Patients and Methods
Patient samples. FNAs of breast cancer were collected in a prospectively designed pharmacogenomic marker discovery study at the Nellie B. Connally Breast Center of the University of Texas M.D. Anderson Cancer Center (MDACC). The goal of the ongoing clinical study is to develop multigene predictors of pathologic complete response (CR) to preoperative therapy (11). The current analysis was undertaken to examine technical reproducibility and robustness of prediction results. Gene expression results from 97 patients with stage I to III breast cancer are included in this analysis, including 35 cases that were profiled in replicates. FNA was done using a 23- or 25-gauge needle before starting preoperative chemotherapy. Cells from two to three passes were collected into vials containing 1 mL of RNAlater solution (Ambion, Austin, TX) and stored at −80C. Approximately 80% of all aspirations yielded ≥0.6 μg total RNA that was required for gene expression profiling. The main reason for failure to obtain sufficient RNA was acellular aspirations (low cell yield). Median RNA yield of the 97 specimens used in this study was 1.8 μg (0.5-25 μg). Thirty-three of the 97 RNA specimens were included in a previous pharmacogenomic analysis using cDNA arrays (6). These 33 cases were profiled on both platforms (Affymetrix U133A and proprietary cDNA), and the results of the cross-platform comparison of gene expression data were published separately (8).

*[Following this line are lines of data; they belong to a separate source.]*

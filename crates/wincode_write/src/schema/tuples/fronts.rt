//! Written by `tools/templates`: members put together over the front of bytes, each by a schema of its own, as `encode_front` does of a tuple of them.
ghost use Rattle.std.specs.Prelude.{◌≤◌, length, take, IfSome};
ghost use Rattle.wincode_base.specs.Outcomes.{IsEncoded};

use crate::schema::SchemaWrite;

/// Puts an encoding of 2 members over the front of the bytes, and gives how many it has; or answers `None`.
#[inline(always)]
pub fn encode_front_members_2<A: SchemaWrite, B: SchemaWrite>(
    a: &A::Src,
    b: &B::Src,
    dst: &mut [u8],
) -> Option<usize>
    ensures { let tuple = ⟦<(A, B) as SchemaWrite>⟧ in
        IfSome result (λ n. (n ≤ length dst.new) × IsEncoded tuple.writing (tuple.model (a.now, b.now)) (take n dst.new)
        × tuple.is_valid (a.now, b.now)) }
{
    let first = A::encode_front(a, dst)?;
    let second = B::encode_front(b, &mut dst[first..])?;
    Some(first + second)
}

/// Puts an encoding of 3 members over the front of the bytes, and gives how many it has; or answers `None`.
#[inline(always)]
pub fn encode_front_members_3<A: SchemaWrite, B: SchemaWrite, C: SchemaWrite>(
    a: &A::Src,
    b: &B::Src,
    c: &C::Src,
    dst: &mut [u8],
) -> Option<usize>
    ensures { let tuple = ⟦<(A, B, C) as SchemaWrite>⟧ in
        IfSome result (λ n. (n ≤ length dst.new) × IsEncoded tuple.writing (tuple.model (a.now, b.now, c.now)) (take n dst.new)
        × tuple.is_valid (a.now, b.now, c.now)) }
{
    let first = A::encode_front(a, dst)?;
    let second = encode_front_members_2::<B, C>(b, c, &mut dst[first..])?;
    Some(first + second)
}

/// Puts an encoding of 4 members over the front of the bytes, and gives how many it has; or answers `None`.
#[inline(always)]
pub fn encode_front_members_4<A: SchemaWrite, B: SchemaWrite, C: SchemaWrite, D: SchemaWrite>(
    a: &A::Src,
    b: &B::Src,
    c: &C::Src,
    d: &D::Src,
    dst: &mut [u8],
) -> Option<usize>
    ensures { let tuple = ⟦<(A, B, C, D) as SchemaWrite>⟧ in
        IfSome result (λ n. (n ≤ length dst.new) × IsEncoded tuple.writing (tuple.model (a.now, b.now, c.now, d.now)) (take n dst.new)
        × tuple.is_valid (a.now, b.now, c.now, d.now)) }
{
    let first = A::encode_front(a, dst)?;
    let second = encode_front_members_3::<B, C, D>(b, c, d, &mut dst[first..])?;
    Some(first + second)
}

/// Puts an encoding of 5 members over the front of the bytes, and gives how many it has; or answers `None`.
#[inline(always)]
pub fn encode_front_members_5<
    A: SchemaWrite,
    B: SchemaWrite,
    C: SchemaWrite,
    D: SchemaWrite,
    E: SchemaWrite,
>(a: &A::Src, b: &B::Src, c: &C::Src, d: &D::Src, e: &E::Src, dst: &mut [u8]) -> Option<usize>
    ensures { let tuple = ⟦<(A, B, C, D, E) as SchemaWrite>⟧ in
        IfSome result (λ n. (n ≤ length dst.new) × IsEncoded tuple.writing (tuple.model (a.now, b.now, c.now, d.now, e.now)) (take n dst.new)
        × tuple.is_valid (a.now, b.now, c.now, d.now, e.now)) }
{
    let first = A::encode_front(a, dst)?;
    let second = encode_front_members_4::<B, C, D, E>(b, c, d, e, &mut dst[first..])?;
    Some(first + second)
}

/// Puts an encoding of 6 members over the front of the bytes, and gives how many it has; or answers `None`.
#[inline(always)]
pub fn encode_front_members_6<
    A: SchemaWrite,
    B: SchemaWrite,
    C: SchemaWrite,
    D: SchemaWrite,
    E: SchemaWrite,
    F: SchemaWrite,
>(
    a: &A::Src,
    b: &B::Src,
    c: &C::Src,
    d: &D::Src,
    e: &E::Src,
    f: &F::Src,
    dst: &mut [u8],
) -> Option<usize>
    ensures { let tuple = ⟦<(A, B, C, D, E, F) as SchemaWrite>⟧ in
        IfSome result (λ n. (n ≤ length dst.new) × IsEncoded tuple.writing (tuple.model (a.now, b.now, c.now, d.now, e.now, f.now)) (take n dst.new)
        × tuple.is_valid (a.now, b.now, c.now, d.now, e.now, f.now)) }
{
    let first = A::encode_front(a, dst)?;
    let second = encode_front_members_5::<B, C, D, E, F>(b, c, d, e, f, &mut dst[first..])?;
    Some(first + second)
}

/// Puts an encoding of 7 members over the front of the bytes, and gives how many it has; or answers `None`.
#[inline(always)]
pub fn encode_front_members_7<
    A: SchemaWrite,
    B: SchemaWrite,
    C: SchemaWrite,
    D: SchemaWrite,
    E: SchemaWrite,
    F: SchemaWrite,
    G: SchemaWrite,
>(
    a: &A::Src,
    b: &B::Src,
    c: &C::Src,
    d: &D::Src,
    e: &E::Src,
    f: &F::Src,
    g: &G::Src,
    dst: &mut [u8],
) -> Option<usize>
    ensures { let tuple = ⟦<(A, B, C, D, E, F, G) as SchemaWrite>⟧ in
        IfSome result (λ n. (n ≤ length dst.new) × IsEncoded tuple.writing
        (tuple.model (a.now, b.now, c.now, d.now, e.now, f.now, g.now)) (take n dst.new)
        × tuple.is_valid (a.now, b.now, c.now, d.now, e.now, f.now, g.now)) }
{
    let first = A::encode_front(a, dst)?;
    let second = encode_front_members_6::<B, C, D, E, F, G>(b, c, d, e, f, g, &mut dst[first..])?;
    Some(first + second)
}

/// Puts an encoding of 8 members over the front of the bytes, and gives how many it has; or answers `None`.
#[inline(always)]
pub fn encode_front_members_8<
    A: SchemaWrite,
    B: SchemaWrite,
    C: SchemaWrite,
    D: SchemaWrite,
    E: SchemaWrite,
    F: SchemaWrite,
    G: SchemaWrite,
    H: SchemaWrite,
>(
    a: &A::Src,
    b: &B::Src,
    c: &C::Src,
    d: &D::Src,
    e: &E::Src,
    f: &F::Src,
    g: &G::Src,
    h: &H::Src,
    dst: &mut [u8],
) -> Option<usize>
    ensures { let tuple = ⟦<(A, B, C, D, E, F, G, H) as SchemaWrite>⟧ in
        IfSome result (λ n. (n ≤ length dst.new) × IsEncoded tuple.writing
        (tuple.model (a.now, b.now, c.now, d.now, e.now, f.now, g.now, h.now)) (take n dst.new)
        × tuple.is_valid (a.now, b.now, c.now, d.now, e.now, f.now, g.now, h.now)) }
{
    let first = A::encode_front(a, dst)?;
    let second = encode_front_members_7::<B, C, D, E, F, G, H>(
        b,
        c,
        d,
        e,
        f,
        g,
        h,
        &mut dst[first..],
    )?;
    Some(first + second)
}

/// Puts an encoding of 9 members over the front of the bytes, and gives how many it has; or answers `None`.
#[inline(always)]
pub fn encode_front_members_9<
    A: SchemaWrite,
    B: SchemaWrite,
    C: SchemaWrite,
    D: SchemaWrite,
    E: SchemaWrite,
    F: SchemaWrite,
    G: SchemaWrite,
    H: SchemaWrite,
    I: SchemaWrite,
>(
    a: &A::Src,
    b: &B::Src,
    c: &C::Src,
    d: &D::Src,
    e: &E::Src,
    f: &F::Src,
    g: &G::Src,
    h: &H::Src,
    i: &I::Src,
    dst: &mut [u8],
) -> Option<usize>
    ensures { let tuple = ⟦<(A, B, C, D, E, F, G, H, I) as SchemaWrite>⟧ in
        IfSome result (λ n. (n ≤ length dst.new) × IsEncoded tuple.writing
        (tuple.model (a.now, b.now, c.now, d.now, e.now, f.now, g.now, h.now, i.now)) (take n dst.new)
        × tuple.is_valid (a.now, b.now, c.now, d.now, e.now, f.now, g.now, h.now, i.now)) }
{
    let first = A::encode_front(a, dst)?;
    let second = encode_front_members_8::<B, C, D, E, F, G, H, I>(
        b,
        c,
        d,
        e,
        f,
        g,
        h,
        i,
        &mut dst[first..],
    )?;
    Some(first + second)
}

/// Puts an encoding of 10 members over the front of the bytes, and gives how many it has; or answers `None`.
#[inline(always)]
pub fn encode_front_members_10<
    A: SchemaWrite,
    B: SchemaWrite,
    C: SchemaWrite,
    D: SchemaWrite,
    E: SchemaWrite,
    F: SchemaWrite,
    G: SchemaWrite,
    H: SchemaWrite,
    I: SchemaWrite,
    J: SchemaWrite,
>(
    a: &A::Src,
    b: &B::Src,
    c: &C::Src,
    d: &D::Src,
    e: &E::Src,
    f: &F::Src,
    g: &G::Src,
    h: &H::Src,
    i: &I::Src,
    j: &J::Src,
    dst: &mut [u8],
) -> Option<usize>
    ensures { let tuple = ⟦<(A, B, C, D, E, F, G, H, I, J) as SchemaWrite>⟧ in
        IfSome result (λ n. (n ≤ length dst.new) × IsEncoded tuple.writing
        (tuple.model (a.now, b.now, c.now, d.now, e.now, f.now, g.now, h.now, i.now, j.now)) (take n dst.new)
        × tuple.is_valid (a.now, b.now, c.now, d.now, e.now, f.now, g.now, h.now, i.now, j.now)) }
{
    let first = A::encode_front(a, dst)?;
    let second = encode_front_members_9::<B, C, D, E, F, G, H, I, J>(
        b,
        c,
        d,
        e,
        f,
        g,
        h,
        i,
        j,
        &mut dst[first..],
    )?;
    Some(first + second)
}

/// Puts an encoding of 11 members over the front of the bytes, and gives how many it has; or answers `None`.
#[inline(always)]
pub fn encode_front_members_11<
    A: SchemaWrite,
    B: SchemaWrite,
    C: SchemaWrite,
    D: SchemaWrite,
    E: SchemaWrite,
    F: SchemaWrite,
    G: SchemaWrite,
    H: SchemaWrite,
    I: SchemaWrite,
    J: SchemaWrite,
    K: SchemaWrite,
>(
    a: &A::Src,
    b: &B::Src,
    c: &C::Src,
    d: &D::Src,
    e: &E::Src,
    f: &F::Src,
    g: &G::Src,
    h: &H::Src,
    i: &I::Src,
    j: &J::Src,
    k: &K::Src,
    dst: &mut [u8],
) -> Option<usize>
    ensures { let tuple = ⟦<(A, B, C, D, E, F, G, H, I, J, K) as SchemaWrite>⟧ in
        IfSome result (λ n. (n ≤ length dst.new) × IsEncoded tuple.writing
        (tuple.model (a.now, b.now, c.now, d.now, e.now, f.now, g.now, h.now, i.now, j.now, k.now)) (take n dst.new)
        × tuple.is_valid (a.now, b.now, c.now, d.now, e.now, f.now, g.now, h.now, i.now, j.now, k.now)) }
{
    let first = A::encode_front(a, dst)?;
    let second = encode_front_members_10::<B, C, D, E, F, G, H, I, J, K>(
        b,
        c,
        d,
        e,
        f,
        g,
        h,
        i,
        j,
        k,
        &mut dst[first..],
    )?;
    Some(first + second)
}

/// Puts an encoding of 12 members over the front of the bytes, and gives how many it has; or answers `None`.
#[inline(always)]
pub fn encode_front_members_12<
    A: SchemaWrite,
    B: SchemaWrite,
    C: SchemaWrite,
    D: SchemaWrite,
    E: SchemaWrite,
    F: SchemaWrite,
    G: SchemaWrite,
    H: SchemaWrite,
    I: SchemaWrite,
    J: SchemaWrite,
    K: SchemaWrite,
    M: SchemaWrite,
>(
    a: &A::Src,
    b: &B::Src,
    c: &C::Src,
    d: &D::Src,
    e: &E::Src,
    f: &F::Src,
    g: &G::Src,
    h: &H::Src,
    i: &I::Src,
    j: &J::Src,
    k: &K::Src,
    m: &M::Src,
    dst: &mut [u8],
) -> Option<usize>
    ensures { let tuple = ⟦<(A, B, C, D, E, F, G, H, I, J, K, M) as SchemaWrite>⟧ in
        IfSome result (λ n. (n ≤ length dst.new) × IsEncoded tuple.writing
        (tuple.model (a.now, b.now, c.now, d.now, e.now, f.now, g.now, h.now, i.now, j.now, k.now, m.now)) (take n dst.new)
        × tuple.is_valid (a.now, b.now, c.now, d.now, e.now, f.now, g.now, h.now, i.now, j.now, k.now, m.now)) }
{
    let first = A::encode_front(a, dst)?;
    let second = encode_front_members_11::<B, C, D, E, F, G, H, I, J, K, M>(
        b,
        c,
        d,
        e,
        f,
        g,
        h,
        i,
        j,
        k,
        m,
        &mut dst[first..],
    )?;
    Some(first + second)
}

Preoperative chemotherapy consisted of paclitaxel followed by 5-fluorouracil, doxorubicin, and cyclophosphamide. All patients underwent surgery after completion of 24 weeks of preoperative chemotherapy, and patients without any residual invasive cancer in the breast and axillary lymph nodes were considered to have pathologic CR. The study was approved by the Institutional Review Board of MDACC, and all patients signed an informed consent.
RNA extraction and gene expression profiling. Total RNA was extracted from FNA samples using the RNAeasy kit (Qiagen, Inc., Valencia, CA). The amount and quality of RNA was assessed with DU-640 U.V. Spectrophotometer (Beckman Coulter, Fullerton, CA), and it was considered adequate for further analysis if the A260/280 ratio was ≥1.8, and the total RNA yield was ≥0.6 μg. cRNA was generated using standard T7 amplification protocol. Second-strand cDNA synthesis was done in the presence of DNA Polymerase I, DNA ligase, and Rnase H, and the resulting double-stranded cDNA was blunt-ended using T4 DNA polymerase and purified by phenol/chloroform extraction. No second-round amplification was done. cRNA was generated in the presence of biotin-ribonucleotides using the BioArray High Yield RNA transcript labeling kit (Enzo Laboratories, Farmingdale, NY). The biotin-labeled cRNA was purified using Qiagen RNeasy columns (Qiagen), quantified, and fragmented at 94°C for 35 minutes in the presence of 1× fragmentation buffer. The robotic cDNA and cRNA purification used Ampure PCR purification System (Agencourt, Beverly, MA). Fragmented cRNA was hybridized to Affymetrix U133A gene chip, overnight at 42°C. Hybridization cocktail was prepared as described in the Affymetrix technical manual. Total RNA was the starting point for all replicate experiments.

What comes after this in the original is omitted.